* **Task prompt**:
Copy, exactly and without additions, every line in the records below from the one holding "use crate::refusal::ProveRefusal;" through the one holding "writes a line", both ends included.

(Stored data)
....................

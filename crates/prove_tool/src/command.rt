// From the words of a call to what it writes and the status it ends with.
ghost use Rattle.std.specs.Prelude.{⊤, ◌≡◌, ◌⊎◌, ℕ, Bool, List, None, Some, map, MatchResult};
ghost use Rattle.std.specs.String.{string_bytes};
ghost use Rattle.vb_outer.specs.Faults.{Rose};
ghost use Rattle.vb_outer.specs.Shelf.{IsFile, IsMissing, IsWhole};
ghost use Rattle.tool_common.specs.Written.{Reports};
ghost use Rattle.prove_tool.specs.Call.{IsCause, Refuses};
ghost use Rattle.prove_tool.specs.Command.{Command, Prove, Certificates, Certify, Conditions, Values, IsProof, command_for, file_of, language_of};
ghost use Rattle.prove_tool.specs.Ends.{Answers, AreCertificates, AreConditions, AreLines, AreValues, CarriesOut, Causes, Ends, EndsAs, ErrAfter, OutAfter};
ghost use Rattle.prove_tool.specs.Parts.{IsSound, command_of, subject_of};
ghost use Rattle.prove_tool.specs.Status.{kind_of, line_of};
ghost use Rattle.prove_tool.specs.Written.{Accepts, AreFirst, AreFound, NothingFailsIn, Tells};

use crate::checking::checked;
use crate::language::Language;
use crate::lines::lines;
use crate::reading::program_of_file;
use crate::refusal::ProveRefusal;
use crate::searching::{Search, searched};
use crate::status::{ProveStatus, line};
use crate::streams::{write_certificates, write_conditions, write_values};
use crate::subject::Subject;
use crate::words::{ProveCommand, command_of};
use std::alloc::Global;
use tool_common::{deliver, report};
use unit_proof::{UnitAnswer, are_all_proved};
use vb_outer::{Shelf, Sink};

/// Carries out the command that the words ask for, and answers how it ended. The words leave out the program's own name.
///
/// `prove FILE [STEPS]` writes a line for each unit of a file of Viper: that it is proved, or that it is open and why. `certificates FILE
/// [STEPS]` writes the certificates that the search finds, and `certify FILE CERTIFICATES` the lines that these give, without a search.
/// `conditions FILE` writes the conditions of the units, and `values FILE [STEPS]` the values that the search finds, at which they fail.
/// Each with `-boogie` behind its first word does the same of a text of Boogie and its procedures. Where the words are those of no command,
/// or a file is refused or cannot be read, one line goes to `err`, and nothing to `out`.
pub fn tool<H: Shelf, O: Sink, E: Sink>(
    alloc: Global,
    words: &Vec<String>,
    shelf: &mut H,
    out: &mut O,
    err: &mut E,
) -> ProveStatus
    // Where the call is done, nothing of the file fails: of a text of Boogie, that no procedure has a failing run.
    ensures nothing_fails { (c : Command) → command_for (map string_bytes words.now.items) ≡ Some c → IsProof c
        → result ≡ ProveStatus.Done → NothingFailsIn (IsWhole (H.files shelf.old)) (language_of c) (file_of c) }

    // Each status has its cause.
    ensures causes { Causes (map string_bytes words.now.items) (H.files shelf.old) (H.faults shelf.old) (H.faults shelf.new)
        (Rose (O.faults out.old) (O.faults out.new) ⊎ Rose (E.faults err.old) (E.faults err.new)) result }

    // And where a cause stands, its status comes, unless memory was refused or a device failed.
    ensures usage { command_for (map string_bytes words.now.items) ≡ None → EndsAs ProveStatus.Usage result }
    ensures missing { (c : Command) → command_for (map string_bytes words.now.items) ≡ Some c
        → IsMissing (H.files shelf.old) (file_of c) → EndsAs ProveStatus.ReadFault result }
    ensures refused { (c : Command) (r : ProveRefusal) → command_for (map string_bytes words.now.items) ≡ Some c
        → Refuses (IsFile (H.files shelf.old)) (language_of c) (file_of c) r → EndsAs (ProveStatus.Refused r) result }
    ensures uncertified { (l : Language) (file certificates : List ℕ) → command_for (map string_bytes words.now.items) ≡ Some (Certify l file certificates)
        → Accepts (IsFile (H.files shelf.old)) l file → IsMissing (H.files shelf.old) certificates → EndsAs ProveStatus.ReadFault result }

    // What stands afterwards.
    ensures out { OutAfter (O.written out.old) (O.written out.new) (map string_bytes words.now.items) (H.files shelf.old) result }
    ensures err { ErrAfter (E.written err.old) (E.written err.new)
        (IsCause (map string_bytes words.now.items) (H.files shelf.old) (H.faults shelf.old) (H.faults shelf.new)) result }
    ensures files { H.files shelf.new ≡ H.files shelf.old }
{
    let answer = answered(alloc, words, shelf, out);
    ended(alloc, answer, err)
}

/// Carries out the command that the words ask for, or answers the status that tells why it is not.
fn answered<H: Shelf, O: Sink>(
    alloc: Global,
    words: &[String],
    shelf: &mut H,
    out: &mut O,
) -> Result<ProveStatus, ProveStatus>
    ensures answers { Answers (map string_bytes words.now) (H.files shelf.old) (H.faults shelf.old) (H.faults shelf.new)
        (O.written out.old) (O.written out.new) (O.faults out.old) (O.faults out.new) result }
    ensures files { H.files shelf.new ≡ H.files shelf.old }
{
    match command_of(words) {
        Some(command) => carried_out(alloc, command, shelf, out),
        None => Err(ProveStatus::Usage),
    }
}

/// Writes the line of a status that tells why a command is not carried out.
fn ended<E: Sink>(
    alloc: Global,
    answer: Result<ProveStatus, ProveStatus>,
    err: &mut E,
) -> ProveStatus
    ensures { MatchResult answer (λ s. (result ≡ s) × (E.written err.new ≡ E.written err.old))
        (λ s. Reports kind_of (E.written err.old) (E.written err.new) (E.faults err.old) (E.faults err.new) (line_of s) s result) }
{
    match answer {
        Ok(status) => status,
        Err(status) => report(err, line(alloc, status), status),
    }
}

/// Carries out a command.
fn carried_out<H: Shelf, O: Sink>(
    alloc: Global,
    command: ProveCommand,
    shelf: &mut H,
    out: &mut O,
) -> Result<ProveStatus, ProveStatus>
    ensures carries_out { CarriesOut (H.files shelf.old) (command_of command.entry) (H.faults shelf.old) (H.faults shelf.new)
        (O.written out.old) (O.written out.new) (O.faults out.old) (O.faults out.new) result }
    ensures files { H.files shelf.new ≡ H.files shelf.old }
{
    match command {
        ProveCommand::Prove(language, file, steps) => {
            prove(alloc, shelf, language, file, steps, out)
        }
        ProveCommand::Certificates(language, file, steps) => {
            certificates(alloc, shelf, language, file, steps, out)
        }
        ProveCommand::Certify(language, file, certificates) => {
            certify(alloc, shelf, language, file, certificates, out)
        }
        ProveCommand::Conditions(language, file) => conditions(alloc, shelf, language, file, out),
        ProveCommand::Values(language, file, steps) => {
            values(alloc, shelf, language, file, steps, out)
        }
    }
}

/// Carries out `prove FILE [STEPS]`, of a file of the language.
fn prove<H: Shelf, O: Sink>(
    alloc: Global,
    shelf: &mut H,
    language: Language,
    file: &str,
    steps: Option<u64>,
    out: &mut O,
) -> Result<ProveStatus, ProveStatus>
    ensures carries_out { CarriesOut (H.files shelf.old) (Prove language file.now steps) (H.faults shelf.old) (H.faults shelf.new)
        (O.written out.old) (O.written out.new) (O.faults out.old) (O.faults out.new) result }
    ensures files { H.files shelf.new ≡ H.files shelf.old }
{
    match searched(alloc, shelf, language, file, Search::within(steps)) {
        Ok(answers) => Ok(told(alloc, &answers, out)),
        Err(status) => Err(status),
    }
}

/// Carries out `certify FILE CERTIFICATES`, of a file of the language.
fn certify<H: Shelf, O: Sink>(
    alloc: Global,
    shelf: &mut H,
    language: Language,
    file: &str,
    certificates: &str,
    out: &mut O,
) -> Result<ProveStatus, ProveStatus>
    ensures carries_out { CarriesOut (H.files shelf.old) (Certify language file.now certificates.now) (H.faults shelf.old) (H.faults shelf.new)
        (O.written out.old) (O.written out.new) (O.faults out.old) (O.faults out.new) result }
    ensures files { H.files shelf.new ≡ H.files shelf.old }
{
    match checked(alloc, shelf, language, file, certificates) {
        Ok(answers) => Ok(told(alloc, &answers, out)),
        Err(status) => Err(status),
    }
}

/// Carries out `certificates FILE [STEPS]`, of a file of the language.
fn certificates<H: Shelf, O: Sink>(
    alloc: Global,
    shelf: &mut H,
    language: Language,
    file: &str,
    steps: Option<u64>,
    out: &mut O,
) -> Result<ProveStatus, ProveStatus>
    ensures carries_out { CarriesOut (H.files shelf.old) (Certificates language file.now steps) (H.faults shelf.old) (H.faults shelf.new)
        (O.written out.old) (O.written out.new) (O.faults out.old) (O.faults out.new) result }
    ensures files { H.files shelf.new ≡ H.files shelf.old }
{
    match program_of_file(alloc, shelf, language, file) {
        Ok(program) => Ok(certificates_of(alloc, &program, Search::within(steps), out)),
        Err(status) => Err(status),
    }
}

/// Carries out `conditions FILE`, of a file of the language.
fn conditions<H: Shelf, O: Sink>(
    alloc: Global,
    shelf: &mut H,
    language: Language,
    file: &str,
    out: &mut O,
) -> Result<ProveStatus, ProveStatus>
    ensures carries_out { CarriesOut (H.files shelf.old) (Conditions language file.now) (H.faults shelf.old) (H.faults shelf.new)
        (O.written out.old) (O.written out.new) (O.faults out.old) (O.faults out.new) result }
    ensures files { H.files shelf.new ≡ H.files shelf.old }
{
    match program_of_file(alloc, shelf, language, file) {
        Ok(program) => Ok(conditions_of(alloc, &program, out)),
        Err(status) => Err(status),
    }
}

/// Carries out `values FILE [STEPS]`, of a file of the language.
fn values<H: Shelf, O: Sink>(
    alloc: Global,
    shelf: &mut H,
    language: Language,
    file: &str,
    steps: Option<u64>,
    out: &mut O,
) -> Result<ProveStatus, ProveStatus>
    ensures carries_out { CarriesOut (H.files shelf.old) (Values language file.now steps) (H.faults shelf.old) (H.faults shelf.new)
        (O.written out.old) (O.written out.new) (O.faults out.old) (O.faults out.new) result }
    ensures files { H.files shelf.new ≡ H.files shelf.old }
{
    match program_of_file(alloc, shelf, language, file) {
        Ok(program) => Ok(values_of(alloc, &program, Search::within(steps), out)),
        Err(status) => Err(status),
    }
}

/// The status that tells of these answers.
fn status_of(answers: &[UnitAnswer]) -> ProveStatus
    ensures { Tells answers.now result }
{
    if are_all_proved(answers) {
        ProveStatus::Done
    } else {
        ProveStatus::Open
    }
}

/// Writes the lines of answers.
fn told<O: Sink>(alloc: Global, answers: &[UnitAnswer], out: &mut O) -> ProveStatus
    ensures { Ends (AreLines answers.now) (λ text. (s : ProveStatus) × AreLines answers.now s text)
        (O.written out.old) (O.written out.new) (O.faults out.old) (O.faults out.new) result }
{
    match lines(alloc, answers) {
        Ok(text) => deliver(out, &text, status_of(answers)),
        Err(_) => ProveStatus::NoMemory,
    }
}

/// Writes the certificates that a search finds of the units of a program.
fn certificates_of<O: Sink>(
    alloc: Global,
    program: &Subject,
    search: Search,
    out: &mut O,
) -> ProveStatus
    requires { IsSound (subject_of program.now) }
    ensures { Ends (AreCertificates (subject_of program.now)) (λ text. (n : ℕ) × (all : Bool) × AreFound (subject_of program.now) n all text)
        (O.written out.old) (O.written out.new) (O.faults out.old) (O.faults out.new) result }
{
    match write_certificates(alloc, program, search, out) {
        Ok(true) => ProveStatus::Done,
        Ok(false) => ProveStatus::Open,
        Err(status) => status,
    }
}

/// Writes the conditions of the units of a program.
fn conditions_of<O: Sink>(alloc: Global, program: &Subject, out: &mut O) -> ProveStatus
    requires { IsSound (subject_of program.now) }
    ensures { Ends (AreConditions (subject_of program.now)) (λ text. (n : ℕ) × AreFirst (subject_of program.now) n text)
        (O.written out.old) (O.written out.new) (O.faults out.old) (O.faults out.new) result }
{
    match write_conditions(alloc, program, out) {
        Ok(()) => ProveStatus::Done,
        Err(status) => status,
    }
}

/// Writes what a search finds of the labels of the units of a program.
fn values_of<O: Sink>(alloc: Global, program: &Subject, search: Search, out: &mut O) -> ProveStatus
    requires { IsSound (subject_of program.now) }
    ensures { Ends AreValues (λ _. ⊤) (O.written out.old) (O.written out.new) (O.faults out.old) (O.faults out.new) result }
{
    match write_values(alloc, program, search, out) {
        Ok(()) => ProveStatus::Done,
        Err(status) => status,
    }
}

....................

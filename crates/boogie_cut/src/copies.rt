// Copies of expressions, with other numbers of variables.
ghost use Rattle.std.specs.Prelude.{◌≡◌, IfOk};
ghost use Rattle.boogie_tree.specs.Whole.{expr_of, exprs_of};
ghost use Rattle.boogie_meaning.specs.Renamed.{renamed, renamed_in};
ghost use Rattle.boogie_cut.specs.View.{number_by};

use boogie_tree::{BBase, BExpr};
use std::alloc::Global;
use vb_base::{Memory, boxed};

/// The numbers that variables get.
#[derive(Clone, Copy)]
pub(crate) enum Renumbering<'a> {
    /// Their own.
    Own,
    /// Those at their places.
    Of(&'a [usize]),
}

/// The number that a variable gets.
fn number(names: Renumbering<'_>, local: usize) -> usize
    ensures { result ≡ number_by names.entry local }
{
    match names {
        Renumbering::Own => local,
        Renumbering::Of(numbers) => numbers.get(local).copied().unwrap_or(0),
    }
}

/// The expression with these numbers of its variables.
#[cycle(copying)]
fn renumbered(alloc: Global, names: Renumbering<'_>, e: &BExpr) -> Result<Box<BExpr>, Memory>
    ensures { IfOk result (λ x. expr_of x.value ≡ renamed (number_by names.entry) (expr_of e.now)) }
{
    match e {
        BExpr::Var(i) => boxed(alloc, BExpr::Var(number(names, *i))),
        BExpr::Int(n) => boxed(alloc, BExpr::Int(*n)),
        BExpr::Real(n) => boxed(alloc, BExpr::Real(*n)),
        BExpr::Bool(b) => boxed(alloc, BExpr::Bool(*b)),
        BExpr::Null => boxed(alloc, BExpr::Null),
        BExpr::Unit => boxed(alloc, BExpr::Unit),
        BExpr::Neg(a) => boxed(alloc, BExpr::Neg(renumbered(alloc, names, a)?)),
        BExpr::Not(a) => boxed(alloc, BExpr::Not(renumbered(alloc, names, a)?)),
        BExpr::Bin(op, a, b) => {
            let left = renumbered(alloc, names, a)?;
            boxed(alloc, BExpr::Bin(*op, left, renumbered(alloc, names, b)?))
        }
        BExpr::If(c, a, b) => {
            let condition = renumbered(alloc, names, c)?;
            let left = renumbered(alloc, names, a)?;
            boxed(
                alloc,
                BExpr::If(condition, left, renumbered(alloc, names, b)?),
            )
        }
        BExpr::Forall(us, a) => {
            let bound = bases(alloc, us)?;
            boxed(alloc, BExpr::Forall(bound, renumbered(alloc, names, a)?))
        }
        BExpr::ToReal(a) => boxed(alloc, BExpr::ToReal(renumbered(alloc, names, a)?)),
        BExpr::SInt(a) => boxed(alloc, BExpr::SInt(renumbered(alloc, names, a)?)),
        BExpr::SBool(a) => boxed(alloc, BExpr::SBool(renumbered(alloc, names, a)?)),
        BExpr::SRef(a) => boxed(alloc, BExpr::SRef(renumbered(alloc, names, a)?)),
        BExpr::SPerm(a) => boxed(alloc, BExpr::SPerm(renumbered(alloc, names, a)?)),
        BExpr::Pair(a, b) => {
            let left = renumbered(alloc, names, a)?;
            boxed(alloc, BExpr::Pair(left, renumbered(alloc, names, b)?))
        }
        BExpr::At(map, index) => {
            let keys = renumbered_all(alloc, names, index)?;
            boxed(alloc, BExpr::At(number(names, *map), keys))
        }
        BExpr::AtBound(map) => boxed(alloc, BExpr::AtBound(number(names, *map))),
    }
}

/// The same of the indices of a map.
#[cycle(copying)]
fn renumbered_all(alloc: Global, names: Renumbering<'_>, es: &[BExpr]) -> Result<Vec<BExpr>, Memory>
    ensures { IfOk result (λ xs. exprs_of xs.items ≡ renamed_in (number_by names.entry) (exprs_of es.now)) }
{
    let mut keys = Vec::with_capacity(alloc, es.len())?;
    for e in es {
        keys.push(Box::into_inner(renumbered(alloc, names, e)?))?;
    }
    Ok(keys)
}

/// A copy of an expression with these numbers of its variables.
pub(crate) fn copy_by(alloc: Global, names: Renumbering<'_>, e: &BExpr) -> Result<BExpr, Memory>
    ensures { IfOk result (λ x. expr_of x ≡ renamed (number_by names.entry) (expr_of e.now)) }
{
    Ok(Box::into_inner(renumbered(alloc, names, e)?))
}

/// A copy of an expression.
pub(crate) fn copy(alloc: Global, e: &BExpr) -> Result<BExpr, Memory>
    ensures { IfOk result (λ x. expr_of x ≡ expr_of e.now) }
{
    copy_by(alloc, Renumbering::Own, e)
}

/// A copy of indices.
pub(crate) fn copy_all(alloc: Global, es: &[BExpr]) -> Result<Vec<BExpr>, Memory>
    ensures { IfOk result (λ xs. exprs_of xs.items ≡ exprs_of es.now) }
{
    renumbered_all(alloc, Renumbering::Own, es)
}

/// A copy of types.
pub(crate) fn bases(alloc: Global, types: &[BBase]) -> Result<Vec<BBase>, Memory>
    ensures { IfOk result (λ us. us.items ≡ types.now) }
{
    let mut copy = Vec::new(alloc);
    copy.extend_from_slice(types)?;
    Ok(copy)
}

....................

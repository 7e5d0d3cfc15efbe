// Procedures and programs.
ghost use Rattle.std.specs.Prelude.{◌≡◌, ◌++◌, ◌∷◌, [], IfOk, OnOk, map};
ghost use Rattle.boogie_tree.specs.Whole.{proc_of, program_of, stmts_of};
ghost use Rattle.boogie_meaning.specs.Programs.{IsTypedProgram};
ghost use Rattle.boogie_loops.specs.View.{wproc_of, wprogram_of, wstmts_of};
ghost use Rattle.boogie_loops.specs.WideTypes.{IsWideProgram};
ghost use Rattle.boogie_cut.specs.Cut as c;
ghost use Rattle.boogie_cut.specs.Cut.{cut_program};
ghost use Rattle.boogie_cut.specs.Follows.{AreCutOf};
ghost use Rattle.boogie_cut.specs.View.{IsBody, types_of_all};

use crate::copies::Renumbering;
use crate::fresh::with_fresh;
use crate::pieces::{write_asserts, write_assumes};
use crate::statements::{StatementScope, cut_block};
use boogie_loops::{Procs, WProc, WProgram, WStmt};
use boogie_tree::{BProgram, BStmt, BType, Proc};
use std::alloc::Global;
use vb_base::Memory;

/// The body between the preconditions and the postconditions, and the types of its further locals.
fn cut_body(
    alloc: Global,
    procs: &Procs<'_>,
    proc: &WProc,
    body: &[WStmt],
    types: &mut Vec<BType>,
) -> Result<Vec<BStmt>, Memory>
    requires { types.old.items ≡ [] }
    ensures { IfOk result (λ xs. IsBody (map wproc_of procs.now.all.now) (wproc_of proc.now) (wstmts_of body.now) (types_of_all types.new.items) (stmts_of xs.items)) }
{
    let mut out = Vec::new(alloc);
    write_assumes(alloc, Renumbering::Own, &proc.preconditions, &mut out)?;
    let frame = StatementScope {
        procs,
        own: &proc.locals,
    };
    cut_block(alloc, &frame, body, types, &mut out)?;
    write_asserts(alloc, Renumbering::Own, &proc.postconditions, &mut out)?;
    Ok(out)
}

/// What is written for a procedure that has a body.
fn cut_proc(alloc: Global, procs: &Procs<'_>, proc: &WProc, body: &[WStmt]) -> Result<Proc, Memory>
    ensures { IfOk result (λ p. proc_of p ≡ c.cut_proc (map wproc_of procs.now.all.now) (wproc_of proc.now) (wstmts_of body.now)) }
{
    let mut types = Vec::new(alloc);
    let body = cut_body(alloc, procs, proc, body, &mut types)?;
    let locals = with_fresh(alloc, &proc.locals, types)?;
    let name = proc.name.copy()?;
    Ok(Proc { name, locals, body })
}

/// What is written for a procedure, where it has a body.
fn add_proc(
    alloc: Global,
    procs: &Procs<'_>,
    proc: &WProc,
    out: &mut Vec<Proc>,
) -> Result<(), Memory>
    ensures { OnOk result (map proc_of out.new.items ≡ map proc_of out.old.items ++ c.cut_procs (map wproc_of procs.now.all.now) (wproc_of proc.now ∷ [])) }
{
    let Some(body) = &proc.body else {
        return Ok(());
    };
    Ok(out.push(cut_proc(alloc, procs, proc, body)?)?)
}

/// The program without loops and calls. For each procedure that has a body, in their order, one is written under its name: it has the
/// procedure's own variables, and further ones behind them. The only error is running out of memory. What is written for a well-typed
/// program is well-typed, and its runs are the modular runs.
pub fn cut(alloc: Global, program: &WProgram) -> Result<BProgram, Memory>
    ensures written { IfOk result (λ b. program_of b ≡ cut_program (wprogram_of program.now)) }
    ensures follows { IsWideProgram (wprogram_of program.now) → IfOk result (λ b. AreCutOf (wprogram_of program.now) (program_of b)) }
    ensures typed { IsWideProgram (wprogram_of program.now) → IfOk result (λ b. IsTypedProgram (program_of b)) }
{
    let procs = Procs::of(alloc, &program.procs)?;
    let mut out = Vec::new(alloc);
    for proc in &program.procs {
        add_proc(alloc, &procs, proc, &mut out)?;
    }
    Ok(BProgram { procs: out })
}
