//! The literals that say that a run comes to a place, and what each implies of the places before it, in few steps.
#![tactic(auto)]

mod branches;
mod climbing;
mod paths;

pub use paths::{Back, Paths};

....................

* **Solution below**:
use crate::refusal::ProveRefusal;
use crate::searching::{Search, searched};
use crate::status::{ProveStatus, line};
use crate::streams::{write_certificates, write_conditions, write_values};
use crate::subject::Subject;
use crate::words::{ProveCommand, command_of};
use std::alloc::Global;
use tool_common::{deliver, report};
use unit_proof::{UnitAnswer, are_all_proved};
use vb_outer::{Shelf, Sink};

/// Carries out the command that the words ask for, and answers how it ended. The words leave out the program's own name.
///
/// `prove FILE [STEPS]` writes a line for each unit of a file of Viper: that it is proved, or that it is open and why. `certificates FILE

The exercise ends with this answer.